____ RECORDS

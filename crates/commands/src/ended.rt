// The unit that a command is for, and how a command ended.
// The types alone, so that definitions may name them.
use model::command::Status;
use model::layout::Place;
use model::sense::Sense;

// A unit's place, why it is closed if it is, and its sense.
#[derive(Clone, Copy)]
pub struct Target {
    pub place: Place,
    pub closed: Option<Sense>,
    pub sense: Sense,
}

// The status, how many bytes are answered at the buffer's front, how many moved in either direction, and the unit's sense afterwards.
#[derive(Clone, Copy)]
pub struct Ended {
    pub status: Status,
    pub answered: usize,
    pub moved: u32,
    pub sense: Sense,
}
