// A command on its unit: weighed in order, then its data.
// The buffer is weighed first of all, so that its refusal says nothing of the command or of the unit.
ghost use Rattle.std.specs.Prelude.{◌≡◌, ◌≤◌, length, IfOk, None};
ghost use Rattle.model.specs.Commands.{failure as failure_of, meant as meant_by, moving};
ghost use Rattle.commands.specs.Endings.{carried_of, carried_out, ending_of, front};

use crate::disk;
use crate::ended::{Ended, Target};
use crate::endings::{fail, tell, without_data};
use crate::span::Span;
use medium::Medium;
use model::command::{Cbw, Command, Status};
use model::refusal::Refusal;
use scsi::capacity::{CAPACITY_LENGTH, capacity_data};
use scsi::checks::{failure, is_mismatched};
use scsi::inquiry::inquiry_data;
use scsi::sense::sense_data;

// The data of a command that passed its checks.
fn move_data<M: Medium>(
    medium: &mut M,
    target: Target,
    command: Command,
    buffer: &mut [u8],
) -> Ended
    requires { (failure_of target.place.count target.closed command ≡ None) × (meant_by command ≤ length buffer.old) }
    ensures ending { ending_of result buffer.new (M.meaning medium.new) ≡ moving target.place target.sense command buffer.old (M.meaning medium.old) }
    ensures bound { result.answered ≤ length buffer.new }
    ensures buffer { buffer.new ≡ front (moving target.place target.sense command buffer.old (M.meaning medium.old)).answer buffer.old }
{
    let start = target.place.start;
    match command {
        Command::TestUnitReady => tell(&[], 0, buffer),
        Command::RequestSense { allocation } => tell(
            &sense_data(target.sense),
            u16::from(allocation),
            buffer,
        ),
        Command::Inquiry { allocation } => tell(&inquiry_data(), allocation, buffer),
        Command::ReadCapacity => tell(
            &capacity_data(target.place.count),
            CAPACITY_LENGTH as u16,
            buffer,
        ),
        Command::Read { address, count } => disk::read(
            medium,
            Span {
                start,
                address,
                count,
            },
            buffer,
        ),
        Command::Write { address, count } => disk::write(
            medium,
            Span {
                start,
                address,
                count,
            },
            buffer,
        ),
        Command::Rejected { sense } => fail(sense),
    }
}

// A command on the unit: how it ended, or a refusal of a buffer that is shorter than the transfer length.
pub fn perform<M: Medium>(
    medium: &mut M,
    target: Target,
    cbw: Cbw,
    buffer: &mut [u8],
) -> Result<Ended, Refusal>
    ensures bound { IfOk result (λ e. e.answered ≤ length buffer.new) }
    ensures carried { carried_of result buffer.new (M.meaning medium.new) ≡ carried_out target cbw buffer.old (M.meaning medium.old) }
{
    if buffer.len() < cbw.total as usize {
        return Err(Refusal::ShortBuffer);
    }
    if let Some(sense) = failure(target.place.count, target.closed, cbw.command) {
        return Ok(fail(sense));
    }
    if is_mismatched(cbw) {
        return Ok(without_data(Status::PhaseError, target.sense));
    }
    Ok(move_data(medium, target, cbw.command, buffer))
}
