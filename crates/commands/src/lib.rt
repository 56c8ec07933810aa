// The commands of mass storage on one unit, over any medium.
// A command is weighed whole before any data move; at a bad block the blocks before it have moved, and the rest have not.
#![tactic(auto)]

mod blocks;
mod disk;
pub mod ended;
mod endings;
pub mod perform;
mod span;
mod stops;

________
____ RECORDS

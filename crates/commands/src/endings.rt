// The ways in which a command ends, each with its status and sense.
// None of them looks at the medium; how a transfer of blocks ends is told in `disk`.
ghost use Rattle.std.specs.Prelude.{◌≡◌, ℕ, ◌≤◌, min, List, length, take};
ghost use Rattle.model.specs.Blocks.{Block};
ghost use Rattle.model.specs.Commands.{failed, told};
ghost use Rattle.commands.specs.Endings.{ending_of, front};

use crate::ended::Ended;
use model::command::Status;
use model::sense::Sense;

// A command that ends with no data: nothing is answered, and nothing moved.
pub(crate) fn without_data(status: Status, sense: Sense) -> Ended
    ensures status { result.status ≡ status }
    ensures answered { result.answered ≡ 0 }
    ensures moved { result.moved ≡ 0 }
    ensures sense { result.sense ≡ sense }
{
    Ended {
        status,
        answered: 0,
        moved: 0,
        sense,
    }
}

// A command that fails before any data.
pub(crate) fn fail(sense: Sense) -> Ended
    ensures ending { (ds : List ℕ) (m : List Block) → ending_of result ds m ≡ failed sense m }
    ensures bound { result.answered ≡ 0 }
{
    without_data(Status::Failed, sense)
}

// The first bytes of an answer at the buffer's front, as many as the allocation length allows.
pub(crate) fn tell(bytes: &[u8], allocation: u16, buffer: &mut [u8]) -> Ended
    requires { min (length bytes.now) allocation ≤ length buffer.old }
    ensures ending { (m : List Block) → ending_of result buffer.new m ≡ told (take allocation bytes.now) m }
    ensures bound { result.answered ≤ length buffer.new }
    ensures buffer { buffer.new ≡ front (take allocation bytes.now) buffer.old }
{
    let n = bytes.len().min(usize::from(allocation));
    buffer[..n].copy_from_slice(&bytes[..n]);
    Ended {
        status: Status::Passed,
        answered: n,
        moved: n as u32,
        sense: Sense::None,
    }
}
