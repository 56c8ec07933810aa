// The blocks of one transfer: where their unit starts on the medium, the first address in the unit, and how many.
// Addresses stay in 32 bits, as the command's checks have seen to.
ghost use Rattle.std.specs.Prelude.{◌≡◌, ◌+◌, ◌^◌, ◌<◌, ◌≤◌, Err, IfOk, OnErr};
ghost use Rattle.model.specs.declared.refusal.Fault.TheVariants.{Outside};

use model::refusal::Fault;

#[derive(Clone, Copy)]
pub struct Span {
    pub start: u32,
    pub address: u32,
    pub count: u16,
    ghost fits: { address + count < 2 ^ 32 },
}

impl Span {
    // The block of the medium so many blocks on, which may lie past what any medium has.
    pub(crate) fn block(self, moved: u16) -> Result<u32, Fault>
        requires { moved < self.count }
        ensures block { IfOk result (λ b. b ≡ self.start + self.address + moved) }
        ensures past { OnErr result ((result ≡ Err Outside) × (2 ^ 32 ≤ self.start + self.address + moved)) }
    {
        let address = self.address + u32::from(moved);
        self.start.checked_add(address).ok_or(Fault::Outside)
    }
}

________
____ RECORDS

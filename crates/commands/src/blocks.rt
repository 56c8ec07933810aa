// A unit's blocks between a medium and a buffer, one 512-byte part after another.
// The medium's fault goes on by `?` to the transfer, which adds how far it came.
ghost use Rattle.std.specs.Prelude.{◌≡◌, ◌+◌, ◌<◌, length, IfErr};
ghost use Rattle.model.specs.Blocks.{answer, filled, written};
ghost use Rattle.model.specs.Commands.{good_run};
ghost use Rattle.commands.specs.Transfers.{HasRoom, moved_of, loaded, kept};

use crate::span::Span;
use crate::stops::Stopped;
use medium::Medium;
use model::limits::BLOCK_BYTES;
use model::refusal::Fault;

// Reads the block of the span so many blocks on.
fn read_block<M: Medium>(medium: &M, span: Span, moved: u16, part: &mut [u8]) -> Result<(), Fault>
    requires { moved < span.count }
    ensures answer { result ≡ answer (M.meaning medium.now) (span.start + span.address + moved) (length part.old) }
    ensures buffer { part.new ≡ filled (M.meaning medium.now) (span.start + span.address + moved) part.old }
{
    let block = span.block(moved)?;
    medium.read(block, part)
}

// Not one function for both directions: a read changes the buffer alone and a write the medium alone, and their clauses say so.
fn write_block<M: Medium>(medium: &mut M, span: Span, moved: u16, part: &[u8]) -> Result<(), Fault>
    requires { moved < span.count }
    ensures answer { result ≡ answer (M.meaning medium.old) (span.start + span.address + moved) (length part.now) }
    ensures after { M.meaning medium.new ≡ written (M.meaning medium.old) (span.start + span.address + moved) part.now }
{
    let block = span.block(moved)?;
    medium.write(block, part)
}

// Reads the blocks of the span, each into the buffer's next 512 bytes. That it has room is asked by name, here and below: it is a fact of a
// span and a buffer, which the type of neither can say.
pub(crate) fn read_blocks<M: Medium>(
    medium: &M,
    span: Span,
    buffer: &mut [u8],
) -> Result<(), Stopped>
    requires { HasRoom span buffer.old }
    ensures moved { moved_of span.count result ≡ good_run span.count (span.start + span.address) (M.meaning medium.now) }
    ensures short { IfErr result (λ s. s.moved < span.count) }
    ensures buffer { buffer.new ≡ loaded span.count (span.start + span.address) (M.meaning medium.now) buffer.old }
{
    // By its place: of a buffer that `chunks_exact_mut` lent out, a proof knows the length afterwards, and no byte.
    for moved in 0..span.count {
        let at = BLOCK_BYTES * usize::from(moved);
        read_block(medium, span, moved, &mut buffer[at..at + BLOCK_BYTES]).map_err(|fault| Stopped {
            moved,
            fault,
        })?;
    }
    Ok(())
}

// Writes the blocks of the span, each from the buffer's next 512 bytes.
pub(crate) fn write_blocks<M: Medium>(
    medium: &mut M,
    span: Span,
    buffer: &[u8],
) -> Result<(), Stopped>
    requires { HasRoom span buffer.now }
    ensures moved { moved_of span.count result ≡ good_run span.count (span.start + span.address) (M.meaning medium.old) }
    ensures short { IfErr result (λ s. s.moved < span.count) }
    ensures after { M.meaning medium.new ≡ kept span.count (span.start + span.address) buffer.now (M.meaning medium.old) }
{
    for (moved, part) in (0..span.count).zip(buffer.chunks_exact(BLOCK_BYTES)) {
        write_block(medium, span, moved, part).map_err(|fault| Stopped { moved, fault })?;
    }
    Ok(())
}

________

**TASK STATEMENT:**
Copy each line of the listing that carries the word "closed".

**WRITTEN REPLY:**
// A unit's place, why it is closed if it is, and its sense.
    pub closed: Option<Sense>,
    requires { (failure_of target.place.count target.closed command ≡ None) × (meant_by command ≤ length buffer.old) }
    if let Some(sense) = failure(target.place.count, target.closed, cbw.command) {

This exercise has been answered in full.